» TASK DESCRIPTION
Look through the material below and show every line with the word "AsPath".

» INPUT DATA
- Opening Delimiter -
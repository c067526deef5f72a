//! Parts of a file of the system, and devices over them.

ghost use Rattle.std.specs.Prelude.{◌≡◌, ◌<◌, ◌+◌, ◌*◌, ◌^◌, ◌⊎◌, None, IfErr, IfOk, IfSome, IsOkUnless};
ghost use Rattle.blockdev.specs.Files.{over_file};

use crate::part::FilePart;
use blockdev::{FileDevice, SystemFile};
use pc_types::{ErrCode, Refusal};
use std::alloc::Global;
use std::fs::{File, Files, OpenOptions};
use std::io::{self, Seek, SeekFrom};
use std::os::unix::fs::FileTypeExt;
use std::path::AsPath;

/// The most bytes that the system counts in a file.
const MAX_BYTES: u64 = i64::MAX as u64;

/// A device of `count` blocks of the file at the path, from block `first` on. The file is opened anew, and has these blocks
/// already: it is not made longer. `Io` with code 5: the path can't be opened for reading and writing, is neither a regular file nor a
/// block special file, or has not so many blocks; or a block has no bytes. Nothing is left open then.
///
/// Devices of one file that share no block may be used at the same time. Whether they share one is not looked at, and what one of
/// them writes no clause tells of another. A flush is of the whole file: it may fail for a write of another device, and that
/// device's own flush fails for it as well.
///
/// It takes one block's bytes here, and no memory later. No byte of the file is read here.
pub fn open_part<R: Files<File = File>, P: AsPath>(
    files: &R,
    alloc: Global,
    path: P,
    block_size: u64,
    first: u64,
    count: u64,
) -> Result<FileDevice<FilePart>, Refusal>
    ensures opened { IfOk result (λ d. d ≡ over_file block_size count None None) }
    ensures sized { IfOk result (λ d. (0 < block_size) × (block_size * (first + count) < 2 ^ 63)) }
    ensures refused { IfErr result (λ r. (r ≡ Refusal.Memory) ⊎ (r ≡ Refusal.Io 5)) }
{
    let part = FilePart::open(files, path, block_size, first, count)?;
    let spare = vec![in alloc; 0; block_size as usize]?;
    Ok(FileDevice::new(part, block_size, count, spare))
}

impl FilePart {
    /// The part of the file at the path that these blocks take, as `open_part` opens it.
    pub fn open<R: Files<File = File>, P: AsPath>(
        files: &R,
        path: P,
        block_size: u64,
        first: u64,
        count: u64,
    ) -> Result<FilePart, Refusal>
        ensures place { IfOk result (λ p. (p.first ≡ first * block_size) × (p.len ≡ count * block_size)) }
        ensures sized { IfOk result (λ p. (0 < block_size) × (block_size * (first + count) < 2 ^ 63)) }
        ensures refused { IsOkUnless result (Refusal.Io 5) }
    {
        let Some(end) = end_of(block_size, first, count) else {
            return Err(Refusal::Io(ErrCode::IO));
        };
        let Ok(file) = open_long(files, path, end) else {
            return Err(Refusal::Io(ErrCode::IO));
        };
        let file = SystemFile::new(file);
        Ok(FilePart::new(file, first * block_size, count * block_size))
    }
}

/// Bytes of a file before the end of the blocks, where blocks have bytes and the system counts so many.
fn end_of(block_size: u64, first: u64, count: u64) -> Option<u64>
    ensures { IfSome result (λ end. (0 < block_size) × (end ≡ block_size * (first + count)) × (end < 2 ^ 63)) }
{
    let end = first.checked_add(count)?.checked_mul(block_size)?;
    if block_size == 0 || end > MAX_BYTES {
        return None;
    }
    Some(end)
}

/// Opens a file that has as many bytes.
fn open_long<R: Files<File = File>, P: AsPath>(files: &R, path: P, bytes: u64) -> io::Result<File> {
    let mut file = OpenOptions::new().read(true).write(true).open(files, path)?;
    let kind = file.metadata()?.file_type();
    // The length of a block special file is told by its end alone.
    let has_length = kind.is_file() || kind.is_block_device();
    if has_length && file.seek(SeekFrom::End(0))? >= bytes {
        return Ok(file);
    }
    Err(io::Error::from(io::ErrorKind::InvalidInput))
}
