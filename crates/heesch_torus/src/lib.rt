//! Periodic tilings of larger domains, by a formula that is satisfiable exactly where there is one.
//!
//! `find_cover` goes by masks (`heesch_exact`). A tile of the least turn stands at (0, 0), where a translation
//! brings it. So each triple is searched once for each turn, over the tiles of this turn and later ones; none is
//! proved complete. A torus of more than 64 cells, and a search whose nodes run out, are left open for `search`,
//! which keeps a log. Masks are made by steps: the cells of a turned shape are reduced once, and its translations found
//! by a table.
//!
//! Residue sets stand in a `BTreeMap` by their cell lists, whose order is their numbering. Isometries are tried by
//! turn, then db, then da, and a set keeps the first. The variables of a cell stand in lists by the cell's number in
//! the window.
#![tactic(auto)]

mod answer;
mod clauses;
mod cover;
mod covering;
mod domains;
mod filling;
mod formula;
mod found;
mod incidence;
mod masks;
mod near_iso;
mod outcome;
mod pairs;
mod places;
mod points;
mod residues;
mod steps;
mod tiles;
mod torus;
mod variables;

pub use answer::{TorusAnswer, search};
pub use cover::{CoverAnswer, find_cover};
pub use covering::covering_lists;
pub use domains::triples_up_to;
pub use formula::torus_formula;
pub use found::Variable;
pub use residues::Residues;
pub use variables::variables_of;
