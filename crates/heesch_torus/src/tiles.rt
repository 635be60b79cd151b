//! The tiles of a shape on the torus of a triple.
ghost use Rattle.std.specs.Prelude.{◌≡◌, ◌≤◌, ◌*◌, true, length};
ghost use Rattle.heesch_grid.specs.declared.Cell.{Cell};
ghost use Rattle.heesch_grid.specs.Cells.{has};
ghost use Rattle.heesch_grid.specs.Geometry.{IsCell};
ghost use Rattle.heesch_grid.specs.Lattice.{IsTriple};
ghost use Rattle.heesch_grid.specs.Vectors.{IsWithin};

use heesch_grid::{Cell, Grid};
use heesch_lattice::Triple;
use std::marker::PhantomData;

/// The cells of a shape, near 0, and a triple on whose torus its tiles stand, with at most 384 translations.
#[derive(Drop)]
pub(crate) struct Tiles<'a, G: Grid> {
    pub cells: &'a [Cell],
    pub triple: Triple,
    pub grid: PhantomData<G>,
    ghost lattice: { IsTriple triple },
    ghost small: { triple.p * triple.q ≤ 384 },
    ghost few: { length cells.now ≤ 32 },
    ghost near: { (c : Cell) → has cells.now c ≡ true → IsCell G.geometry c × IsWithin 100000 c },
}
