//! The torus formula, in one array.
ghost use Rattle.std.specs.Prelude.{◌≡◌, ◌≤◌, true, length, IfOk};
ghost use Rattle.heesch_grid.specs.declared.Cell.{Cell};
ghost use Rattle.heesch_grid.specs.Cells.{has};
ghost use Rattle.heesch_grid.specs.Polyform.{IsPolyform};
ghost use Rattle.heesch_grid.specs.TorusFormula.{torus_clauses};
ghost use Rattle.heesch_grid.specs.Vectors.{IsWithin};
ghost use Rattle.heesch_cert.specs.Literals.{literals};
ghost use Rattle.heesch_torus.specs.Domain.{HasDomain};
ghost use Rattle.heesch_torus.specs.Formula.{reduced_cells, IsFormulaOf, HasModelWhereCover};
ghost use Rattle.heesch_torus.specs.Variables.{sets_of, AreVariables};

use crate::clauses::covering_clauses;
use crate::covering::lists_of_sets;
use crate::found::Variable;
use crate::incidence::{Incidence, TorusSets};
use crate::pairs::add_pair_clauses;
use crate::variables::variables_of;
use heesch_cnf::FlatFormula;
use heesch_grid::Grid;
use heesch_io::NoMemory;
use heesch_lattice::Triple;
use heesch_shape::Shape;
use std::alloc::Global;
use std::marker::PhantomData;

/// The formula over these variables.
fn formula_of<G: Grid>(alloc: Global, incidence: &Incidence<G>) -> Result<FlatFormula, NoMemory>
    ensures vars { IfOk result (λ f. f.vars ≡ length incidence.now.sets.now.variables.now) }
    ensures clauses { IfOk result
        (λ f. f.clauses ≡ torus_clauses literals (reduced_cells G.geometry incidence.now.sets.now.triple)
        (sets_of incidence.now.sets.now.variables.now)) }
    ensures few { IfOk result (λ f. length f.clauses ≤ 30000000) }
{
    let mut formula = covering_clauses(alloc, incidence)?;
    let mut marks = vec![in alloc; 0; incidence.sets.variables.len() + 1]?;
    add_pair_clauses(&mut formula, &mut marks, incidence)?;
    Ok(formula)
}

/// The torus formula of a shape and a triple, and its variables.
pub(crate) fn formula_with_variables<G: Grid>(
    alloc: Global,
    shape: &Shape<G>,
    triple: Triple,
) -> Result<(FlatFormula, Vec<Variable>), NoMemory>
    requires near { (c : Cell) → has shape.now c ≡ true → IsWithin 100000 c }
    requires domain { HasDomain G.geometry (length shape.now) triple }
    ensures form { IfOk result (λ f. IsPolyform G.geometry shape.now) }
    ensures variables { IfOk result (λ f. AreVariables G.geometry shape.now triple f.1.items) }
    ensures vars { IfOk result (λ f. f.0.vars ≡ length f.1.items) }
    ensures clauses { IfOk result
        (λ f. f.0.clauses ≡ torus_clauses literals (reduced_cells G.geometry triple) (sets_of f.1.items)) }
    ensures few { IfOk result (λ f. length f.0.clauses ≤ 30000000) }
{
    let variables = variables_of::<G>(alloc, shape.cells(), triple)?;
    let sets = TorusSets::<G> {
        triple,
        variables: variables.as_slice(),
        grid: PhantomData,
    };
    let lists = lists_of_sets(alloc, &sets)?;
    let incidence = Incidence {
        sets: &sets,
        lists: lists.as_slice(),
    };
    let formula = formula_of(alloc, &incidence)?;
    Ok((formula, variables))
}

/// The torus formula of a shape and a triple. Its variables are the residue sets: the sets of
/// reduced cells of images of the shape that have as many of them as the shape has cells, numbered
/// from 1 by their cell lists. Its clauses say, for each reduced cell in cell order, that one of
/// the variables that have it is true, and then, of each two variables that share a cell, by the
/// first and then the second, that one is false. It has a model exactly where the triple has a
/// periodic cover. Condition: the cells lie within 100,000 of 0, and
/// the triple is one of a domain of 1 to 12 tiles.
///
/// Cost: a reduction and a comparison or two for each cell of an image within the triple, of which
/// there are at most 4,608; then for each variable its cells' lists of variables, which are sought
/// by number, a pass over the later variables, and the clauses.
pub fn torus_formula<G: Grid>(
    alloc: Global,
    shape: &Shape<G>,
    triple: Triple,
) -> Result<FlatFormula, NoMemory>
    requires near { (c : Cell) → has shape.now c ≡ true → IsWithin 100000 c }
    requires domain { HasDomain G.geometry (length shape.now) triple }
    ensures is { IfOk result (λ f. IsFormulaOf G.geometry shape.now triple f.vars f.clauses) }
    ensures model { IfOk result (λ f. HasModelWhereCover G.geometry shape.now triple f.clauses) }
{
    let (formula, _) = formula_with_variables(alloc, shape, triple)?;
    Ok(formula)
}
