//! The triples of the domains, in order.
ghost use Rattle.std.specs.Prelude.{◌≤◌, ◌-◌, IfOk, OnOk};
ghost use Rattle.heesch_torus.specs.Domains.{AreUpTo};

use heesch_grid::Grid;
use heesch_io::NoMemory;
use heesch_lattice::{Triple, triples};
use heesch_tiling::area_of;
use std::alloc::Global;

/// The triples of the domain of so many tiles of so many cells stand last.
fn add_domain<G: Grid>(count: u32, tiles: u32, all: &mut Vec<Triple>) -> Result<(), NoMemory>
    requires count { (1 ≤ count) × (count ≤ 32) }
    requires tiles { (2 ≤ tiles) × (tiles ≤ 12) }
    requires before { AreUpTo G.geometry count (tiles - 1) all.old.items }
    ensures { OnOk result (AreUpTo G.geometry count tiles all.new.items) }
{
    if let Some(area) = area_of::<G>(tiles * count) {
        for triple in triples(area) {
            all.push(triple)?;
        }
    }
    Ok(())
}

/// The triples of the domains from 2 to this one of a shape of so many cells, in the order of domains and then of
/// triples.
///
/// Condition: 1 to 32 cells, and a domain of 1 to 12 tiles. Its cost is the number of triples.
pub fn triples_up_to<G: Grid>(
    alloc: Global,
    count: u32,
    domain: u32,
) -> Result<Vec<Triple>, NoMemory>
    requires count { (1 ≤ count) × (count ≤ 32) }
    requires domain { (1 ≤ domain) × (domain ≤ 12) }
    ensures { IfOk result (λ all. AreUpTo G.geometry count domain all.items) }
{
    let mut all = Vec::new(alloc);
    for tiles in 2..domain + 1 {
        add_domain::<G>(count, tiles, &mut all)?;
    }
    Ok(all)
}
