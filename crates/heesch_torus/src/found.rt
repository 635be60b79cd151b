//! Residue sets with their isometries, as they are found.
ghost use Rattle.std.specs.Prelude.{◌≡◌, [], IfOk, OnOk};
ghost use Rattle.heesch_grid.specs.Cells.{cells_before};
ghost use Rattle.heesch_grid.specs.Listing.{IsRising};
ghost use Rattle.heesch_torus.specs.Variables.{sets_of, torus_variable, AddsFirst};

use crate::residues::Residues;
use heesch_grid::Iso;
use heesch_io::NoMemory;
use std::alloc::Global;
use std::collections::BTreeMap;
use std::marker::Model;

/// A variable of the torus formula: a residue set, in cell order, and its isometry, the first within the triple that
/// gives it.
#[derive(Drop)]
pub struct Variable {
    pub residues: Residues,
    pub by: Iso,
}

impl Model for Variable {
    ghost use Rattle.heesch_torus.specs.Variables.{TorusVariable, torus_variable};

    ghost Value = { TorusVariable };

    ghost view = { λ v. torus_variable v.residues.items v.by };
}

/// The residue sets that were found, in the order of their cell lists, each with the first isometry
/// that gave it.
#[derive(Drop)]
pub(crate) struct Found {
    sets: BTreeMap<Residues, Iso>,
}

impl Model for Found {
    ghost use Rattle.std.specs.Prelude.{List, map};
    ghost use Rattle.heesch_torus.specs.Variables.{TorusVariable, torus_variable};

    ghost Value = { List TorusVariable };

    ghost view = { λ f. map (λ e. torus_variable e.0.items e.1) f.sets.entries };
}

impl Found {
    pub(crate) fn new(alloc: Global) -> Found
        ensures { result ≡ [] }
    {
        Found {
            sets: BTreeMap::new(alloc),
        }
    }

    /// One more residue set, unless it was found before.
    pub(crate) fn add(&mut self, set: Residues, by: Iso) -> Result<(), NoMemory>
        ensures { OnOk result (AddsFirst (torus_variable set.items by) self.old self.new) }
    {
        if self.sets.contains_key(&set) {
            return Ok(());
        }
        self.sets.insert(set, by)?;
        Ok(())
    }

    /// The variables, in number order.
    pub(crate) fn into_variables(self, alloc: Global) -> Result<Vec<Variable>, NoMemory>
        ensures rising { IsRising cells_before (sets_of self) }
        ensures all { IfOk result (λ v. v.items ≡ self) }
    {
        let mut variables = Vec::new(alloc);
        for (residues, by) in self.sets {
            variables.push(Variable { residues, by })?;
        }
        Ok(variables)
    }
}
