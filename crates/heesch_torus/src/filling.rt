//! Exact covers by masks that share no point with a first one.
ghost use Rattle.std.specs.Prelude.{◌≡◌, ◌==◌, ◌<◌, ◌≤◌, ◌+◌, ◌^◌, ℕ, map, filter, length, slice_index, All, IfOk, OnOk};
ghost use Rattle.std.specs.Int.{bit_at};
ghost use Rattle.std.specs.Int.Bits.{bit_and};
ghost use Rattle.heesch_torus.specs.Beside.{AreBeside, CountsChoices, IsFilling};

use heesch_exact::{CoverAnswer, exact_cover};
use heesch_io::{NoMemory, Seq};
use std::alloc::Global;

/// Masks that fill what a first one leaves, as far as they were searched.
#[derive(Drop)]
pub(crate) enum Filling {
    Filled { masks: Seq<u64> },
    None,
    Open,
}

/// The masks that share no bit with the first.
fn apart_from(alloc: Global, masks: &[u64], first: u64) -> Result<Vec<u64>, NoMemory>
    ensures { IfOk result (λ v. v.items ≡ filter (λ m. bit_and m first == 0) masks.now) }
{
    let mut apart = Vec::with_capacity(alloc, masks.len())?;
    for mask in masks {
        if *mask & first == 0 {
            apart.push(*mask)?;
        }
    }
    Ok(apart)
}

/// The masks that share no bit with the first, each once.
fn beside(alloc: Global, masks: &[u64], first: u64) -> Result<Vec<u64>, NoMemory>
    ensures { IfOk result (λ v. AreBeside masks.now first v.items) }
{
    let mut apart = apart_from(alloc, masks, first)?;
    apart.sort_unstable();
    apart.dedup();
    Ok(apart)
}

/// The masks of these numbers.
fn numbered(alloc: Global, masks: &[u64], chosen: &[u32]) -> Result<Seq<u64>, NoMemory>
    requires { All (λ i. i < length masks.now) chosen.now }
    ensures { IfOk result (λ found. found ≡ map (λ i. slice_index masks.now i) chosen.now) }
{
    let mut found = Vec::with_capacity(alloc, chosen.len())?;
    for i in chosen {
        found.push(masks[*i as usize])?;
    }
    Ok(Seq::from_vec(found))
}

/// Searches for masks that fill what the first leaves of the full word.
pub(crate) fn fill_beside(
    alloc: Global,
    masks: &[u64],
    first: u64,
    full: u64,
    nodes: &mut u32,
) -> Result<Filling, NoMemory>
    requires few { length masks.now < 2 ^ 31 }
    requires within { (k : ℕ) → bit_at first k ≤ bit_at full k }
    ensures answer { IfOk result (IsFilling masks.now first full nodes.old) }
    ensures nodes { nodes.new ≤ nodes.old }
    ensures spent { OnOk result ((count : ℕ) × CountsChoices masks.now first full count
        × (nodes.old ≤ nodes.new + count)) }
{
    let beside = beside(alloc, masks, first)?;
    let answer = exact_cover(alloc, beside.as_slice(), full & !first, nodes)?;
    match answer {
        CoverAnswer::Cover { chosen } => {
            let masks = numbered(alloc, beside.as_slice(), chosen.as_slice())?;
            Ok(Filling::Filled { masks })
        }
        CoverAnswer::None => Ok(Filling::None),
        CoverAnswer::Open => Ok(Filling::Open),
    }
}
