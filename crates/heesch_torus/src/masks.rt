//! The masks of tiles: the sets of their reduced cells.
ghost use Rattle.std.specs.Prelude.{◌<◌, ◌*◌, All, IfSome, IfNone, OnOk};
ghost use Rattle.heesch_torus.specs.Masks.{IsMaskOf, HasDouble, AddsMasks};
ghost use Rattle.heesch_torus.specs.Stepping.{AreSteps, HasBits, HasTwice};

use crate::near_iso::NearIso;
use crate::points::points_of_tile;
use crate::steps::{Steps, take_step};
use crate::torus::Torus;
use heesch_grid::{Grid, Iso};
use heesch_io::NoMemory;
use std::marker::PhantomData;

/// The word with the bits of the points, where these all differ.
fn word_of(points: &[u32]) -> Option<u64>
    requires { All (λ p. p < 64) points.now }
    ensures found { IfSome result (HasBits points.now) }
    ensures none { IfNone result (HasTwice points.now) }
{
    let mut word = 0;
    for point in points {
        if (word >> *point) & 1 == 1 {
            return None;
        }
        word |= 1 << *point;
    }
    Some(word)
}

/// The mask of a tile, where its reduced cells all differ.
pub(crate) fn mask_of<G: Grid>(torus: &Torus<G>, by: &NearIso<G>) -> Option<u64>
    ensures found { IfSome result (IsMaskOf G.geometry torus.now.cells.now torus.now.triple by.now.iso) }
    ensures none { IfNone result (HasDouble G.geometry torus.now.cells.now torus.now.triple by.now.iso) }
{
    let points = points_of_tile(torus, by);
    word_of(points.as_slice())
}

/// Adds the masks of the tiles of a turn within the triple. The first tile's cells are reduced, and those of the
/// others found by steps: p steps to the right lead back to the first tile of a row.
pub(crate) fn add_masks<G: Grid>(
    masks: &mut Vec<u64>,
    torus: &Torus<G>,
    steps: &Steps,
    turn: u32,
) -> Result<(), NoMemory>
    requires steps { AreSteps G.geometry torus.now.triple steps.now }
    requires turn { turn < G.geometry.turns }
    ensures { OnOk result
        (AddsMasks G.geometry torus.now.cells.now torus.now.triple turn (torus.now.triple.p * torus.now.triple.q)
        masks.old.items masks.new.items) }
{
    let triple = torus.triple;
    let unmoved = NearIso::<G> {
        iso: Iso { turn, da: 0, db: 0 },
        grid: PhantomData,
    };
    let mut points = points_of_tile(torus, &unmoved);
    if word_of(points.as_slice()).is_none() {
        return Ok(());
    }
    for db in 0..triple.q {
        for da in 0..triple.p {
            if let Some(mask) = word_of(points.as_slice()) {
                masks.push(mask)?;
            }
            take_step(points.as_mut_slice(), steps.right.as_slice());
        }
        take_step(points.as_mut_slice(), steps.up.as_slice());
    }
    Ok(())
}
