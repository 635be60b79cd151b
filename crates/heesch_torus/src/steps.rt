//! Steps on a torus: where each of its cells comes when it is moved by one unit.
ghost use Rattle.std.specs.Prelude.{◌≡◌, ◌<◌, map, length, slice_index, All};
ghost use Rattle.heesch_torus.specs.Stepping.{IsStep, AreSteps};

use crate::near_iso::NearIso;
use crate::points::point_of;
use crate::torus::Torus;
use arrayvec::ArrayVec;
use heesch_grid::{Grid, Iso};
use heesch_tiling::{pair_at, window_size};
use std::marker::PhantomData;

/// A torus that is searched by masks has at most so many cells.
const POINTS_MAX: usize = 64;

/// For the number of each reduced cell the number of the cell one step further.
type Step = ArrayVec<u32, POINTS_MAX>;

/// The steps by one unit to the right and up.
#[derive(Drop)]
pub(crate) struct Steps {
    pub(crate) right: Step,
    pub(crate) up: Step,
}

/// The step by a translation.
fn step_of<G: Grid>(torus: &Torus<G>, by: &NearIso<G>) -> Step
    requires { by.now.iso.turn ≡ 0 }
    ensures { IsStep G.geometry torus.now.triple by.now.iso.da by.now.iso.db result.items }
{
    let triple = torus.triple;
    let mut step = ArrayVec::new();
    for k in 0..window_size::<G>(triple) {
        let c = pair_at::<G>(triple, k);
        if G::is_cell(c) {
            step.push(point_of(torus, by, c));
        }
    }
    step
}

/// The steps of a torus: two reductions for each of its cells.
pub(crate) fn steps_of<G: Grid>(torus: &Torus<G>) -> Steps
    ensures { AreSteps G.geometry torus.now.triple result }
{
    Steps {
        right: step_of(
            torus,
            &NearIso {
                iso: Iso {
                    turn: 0,
                    da: 1,
                    db: 0,
                },
                grid: PhantomData,
            },
        ),
        up: step_of(
            torus,
            &NearIso {
                iso: Iso {
                    turn: 0,
                    da: 0,
                    db: 1,
                },
                grid: PhantomData,
            },
        ),
    }
}

/// Moves points one step further.
pub(crate) fn take_step(points: &mut [u32], step: &[u32])
    requires { All (λ p. p < length step.now) points.old }
    ensures { points.new ≡ map (slice_index step.now) points.old }
{
    for i in 0..points.len() {
        points[i] = step[points[i] as usize];
    }
}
- Closing Delimiter -
» ANSWER AREA
use std::path::AsPath;
pub fn open_part<R: Files<File = File>, P: AsPath>(
    pub fn open<R: Files<File = File>, P: AsPath>(
fn open_long<R: Files<File = File>, P: AsPath>(files: &R, path: P, bytes: u64) -> io::Result<File> {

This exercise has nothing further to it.